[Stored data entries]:

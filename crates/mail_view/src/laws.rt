// What the definitions of views come to: laws, each as the contract of a function that does
// nothing.
ghost use Rattle.mail_view.specs.Laws.{
  EmailsHaveTheirMembers,
  GetsShowViews,
  GetsStay,
  IdsName,
  MailboxesHaveTheirMembers,
  StatesDecide,
  ThreadsHaveTheirMembers,
  ViewStays,
  ViewsHaveTheirForm,
  ViewsStay,
};

/// The views of emails, and the answer to a get of emails, stay the same as blobs are added. So the
/// views at any position of a history may be read in the blobs of its end.
pub fn views_stay_as_blobs_are_added()
    ensures view { ViewStays }
    ensures views { ViewsStay }
    ensures gets { GetsStay }
{}

/// The objects that a client keeps of the records at a position are those at the state that the
/// kind has there (RFC 8620, section 5.1).
pub fn views_are_those_of_states()
    ensures { StatesDecide }
{}

/// A client's get of some ids is answered with the objects that they name, and with the ids that
/// name none; the object under an id is that of the record which the id names (RFC 8620,
/// section 5.1).
pub fn client_gets_are_answered_with_views()
    ensures ids { IdsName }
    ensures gets { GetsShowViews }
{}

/// The object that a client keeps of an email has the properties that it asks for, and those of a
/// mailbox and of a thread have all, each once, in byte order of the names (RFC 8621, sections 2, 3
/// and 4.1).
pub fn views_have_their_members()
    ensures emails { EmailsHaveTheirMembers }
    ensures mailboxes { MailboxesHaveTheirMembers }
    ensures threads { ThreadsHaveTheirMembers }
{}

/// The object of each record of a tidy content has the members that a client asks for, each of its
/// form (RFC 8621, sections 2, 3 and 4.1).
pub fn views_have_their_form()
    ensures { ViewsHaveTheirForm }
{}
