// The JSON view of a body part (RFC 8621, section 4.1.4).
ghost use Rattle.std.specs.Prelude.{◌≡◌, All, IfOk, length, map, option_map};
ghost use Rattle.jm_json.specs.Json.{tree_of};
ghost use Rattle.jm_json.specs.Tree.{text};
ghost use Rattle.mime_lines.specs.Fields.{fields_of};
ghost use Rattle.mime_lines.specs.FieldOffsets.{IsWithin};
ghost use Rattle.mime_tree.specs.Places.{IsPlaced};
ghost use Rattle.mime_type.specs.PartViews.{node_of};
ghost use Rattle.mime_words.specs.Words.{decoded_words};
ghost use Rattle.header_forms.specs.Forms;
ghost use Rattle.mail_view.specs.Objects;
ghost use Rattle.mail_view.specs.Parts;
ghost use Rattle.mail_view.specs.Sizes.{IsSizeOf};
ghost use Rattle.mail_view.specs.Parts.{leaf_tree, bytes_with_header, part_tree, size_tree};

use crate::headers::{write_header, write_headers};
use crate::sizes::{BodySize, find_size};
use get_args::{NamedPartProperty, PartProperty};
use jm_base::{NoMemory, Text, Texts};
use jm_json::{Items, Json, Members};
use mime_codec::count_decoded;
use mime_lines::{FieldSpans, fields};
use mime_type::Part;
use mime_words::decode_words;
use std::alloc::Global;

/// What the view of a part needs: the bytes of the message, its blob id, the properties that are
/// asked for, and the sizes of bodies that are known.
#[derive(Clone, Copy)]
pub(crate) struct Showing<'a> {
    pub bytes: &'a [u8],
    pub blob: &'a str,
    pub asked: &'a [NamedPartProperty],
    pub sizes: &'a [BodySize],
}

/// Returns a string, or null.
pub(crate) fn write_text(text: &Option<Text>) -> Result<Json, NoMemory>
    ensures { IfOk result (λ t. tree_of t ≡ Forms.text_or_null text.now) }
{
    match text {
        Some(text) => Ok(Json::Text(text.copy()?)),
        None => Ok(Json::Null),
    }
}

/// Returns a list of strings.
pub(crate) fn write_text_items(alloc: Global, texts: &[Text]) -> Result<Items, NoMemory>
    ensures { IfOk result (λ ts. ts ≡ map text texts.now) }
{
    let mut items = Items::with_room(alloc, texts.len())?;
    for text in texts {
        items.push(Json::Text(text.copy()?))?;
    }
    Ok(items)
}

fn write_texts(alloc: Global, texts: &Option<Texts>) -> Result<Json, NoMemory>
    ensures { IfOk result (λ t. tree_of t ≡ Objects.texts_or_null texts.now) }
{
    match texts {
        Some(texts) => Ok(Json::List(write_text_items(alloc, texts.as_slice())?)),
        None => Ok(Json::Null),
    }
}

fn write_decimal(alloc: Global, number: Option<u64>) -> Result<Json, NoMemory>
    ensures { IfOk result (λ t. tree_of t ≡ Objects.decimal_or_null number) }
{
    match number {
        Some(number) => {
            let decimal = format!(in alloc; "{number}")?;
            Ok(Json::Text(Text::from_string(decimal)))
        }
        None => Ok(Json::Null),
    }
}

// Returns the blob id of a leaf's decoded body.
fn write_leaf_blob_id(alloc: Global, blob: &str, number: Option<u64>) -> Result<Json, NoMemory>
    ensures { IfOk result (λ t. tree_of t ≡ Parts.leaf_blob blob.now number) }
{
    match number {
        Some(number) => {
            let id = format!(in alloc; "{blob}-{number}")?;
            Ok(Json::Text(Text::from_string(id)))
        }
        None => Ok(Json::Null),
    }
}

// Returns a file name, with its encoded-words decoded (RFC 2047).
fn write_name(alloc: Global, name: &Option<Text>) -> Result<Json, NoMemory>
    ensures { IfOk result (λ t.
        tree_of t ≡ Forms.text_or_null (option_map decoded_words name.now)) }
{
    match name {
        Some(name) => Ok(Json::Text(decode_words(alloc, name.as_bytes())?)),
        None => Ok(Json::Null),
    }
}

// Returns the number of bytes of the decoded body of a part.
fn write_size(showing: &Showing<'_>, part: &Part) -> Json
    requires placed { IsPlaced (length showing.now.bytes.now) (node_of part.now) }
    requires sizes { All (IsSizeOf showing.now.bytes.now) showing.now.sizes.now }
    ensures { tree_of result ≡ size_tree showing.now.bytes.now (node_of part.now) }
{
    if let Some(size) = find_size(showing.bytes, showing.sizes, part) {
        return Json::Int(size as i64);
    }
    let body = &showing.bytes[part.body as usize..part.end as usize];
    Json::Int(count_decoded(part.coding, body) as i64)
}

// Returns a property of a part with these bytes, `own`, and these header fields.
fn write_part_property(
    alloc: Global,
    showing: &Showing<'_>,
    part: &Part,
    own: &[u8],
    fields: &FieldSpans,
    property: &PartProperty,
) -> Result<Json, NoMemory>
    requires placed { IsPlaced (length showing.now.bytes.now) (node_of part.now) }
    requires sizes { All (IsSizeOf showing.now.bytes.now) showing.now.sizes.now }
    requires own { own.now ≡ bytes_with_header showing.now.bytes.now (node_of part.now) }
    requires found { fields.now ≡ fields_of own.now }
    requires within { All (IsWithin own.now) fields.now }
    ensures { IfOk result (λ t. tree_of t
        ≡ part_tree showing.now.bytes.now showing.now.blob.now (node_of part.now) property.now) }
{
    match property {
        PartProperty::PartId => write_decimal(alloc, part.number),
        PartProperty::BlobId => write_leaf_blob_id(alloc, showing.blob, part.number),
        PartProperty::Size => Ok(write_size(showing, part)),
        PartProperty::Header(asked) => write_header(alloc, own, fields, asked),
        PartProperty::Headers => write_headers(alloc, own, fields),
        PartProperty::Name => write_name(alloc, &part.name),
        PartProperty::MediaType => Ok(Json::Text(part.media.copy()?)),
        PartProperty::Charset => write_text(&part.charset),
        PartProperty::Disposition => write_text(&part.disposition),
        PartProperty::Cid => write_text(&part.cid),
        PartProperty::Language => write_texts(alloc, &part.language),
        PartProperty::Location => write_text(&part.location),
        PartProperty::SubParts => Ok(Json::Null),
    }
}

/// Returns the properties of a part that are asked for.
pub(crate) fn write_part_members(
    alloc: Global,
    showing: &Showing<'_>,
    part: &Part,
) -> Result<Members, NoMemory>
    requires placed { IsPlaced (length showing.now.bytes.now) (node_of part.now) }
    requires sizes { All (IsSizeOf showing.now.bytes.now) showing.now.sizes.now }
    ensures { IfOk result (λ ms. ms
        ≡ Parts.part_members showing.now.bytes.now showing.now.blob.now showing.now.asked.now
        (node_of part.now)) }
{
    let own = &showing.bytes[part.start as usize..part.end as usize];
    let head = fields(alloc, own)?;
    let mut members = Members::with_room(alloc, showing.asked.len())?;
    for asked in showing.asked {
        let value = write_part_property(alloc, showing, part, own, &head.fields, &asked.property)?;
        members.put(asked.name.copy()?, value)?;
    }
    Ok(members)
}

/// Returns the view of a leaf in a list of parts.
pub(crate) fn write_leaf(
    alloc: Global,
    showing: &Showing<'_>,
    part: &Part,
) -> Result<Json, NoMemory>
    requires placed { IsPlaced (length showing.now.bytes.now) (node_of part.now) }
    requires sizes { All (IsSizeOf showing.now.bytes.now) showing.now.sizes.now }
    ensures { IfOk result (λ t. tree_of t
        ≡ leaf_tree showing.now.bytes.now showing.now.blob.now showing.now.asked.now
        (node_of part.now)) }
{
    Ok(Json::Object(write_part_members(alloc, showing, part)?))
}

[Required work]: Please return the lines above exactly, from the first one down to the line with "the ids that", and stop after that line.

[Solution to this problem]:
filename crates/mail_view/src/laws.rt
// What the definitions of views come to: laws, each as the contract of a function that does
// nothing.
ghost use Rattle.mail_view.specs.Laws.{
  EmailsHaveTheirMembers,
  GetsShowViews,
  GetsStay,
  IdsName,
  MailboxesHaveTheirMembers,
  StatesDecide,
  ThreadsHaveTheirMembers,
  ViewStays,
  ViewsHaveTheirForm,
  ViewsStay,
};

/// The views of emails, and the answer to a get of emails, stay the same as blobs are added. So the
/// views at any position of a history may be read in the blobs of its end.
pub fn views_stay_as_blobs_are_added()
    ensures view { ViewStays }
    ensures views { ViewsStay }
    ensures gets { GetsStay }
{}

/// The objects that a client keeps of the records at a position are those at the state that the
/// kind has there (RFC 8620, section 5.1).
pub fn views_are_those_of_states()
    ensures { StatesDecide }
{}

/// A client's get of some ids is answered with the objects that they name, and with the ids that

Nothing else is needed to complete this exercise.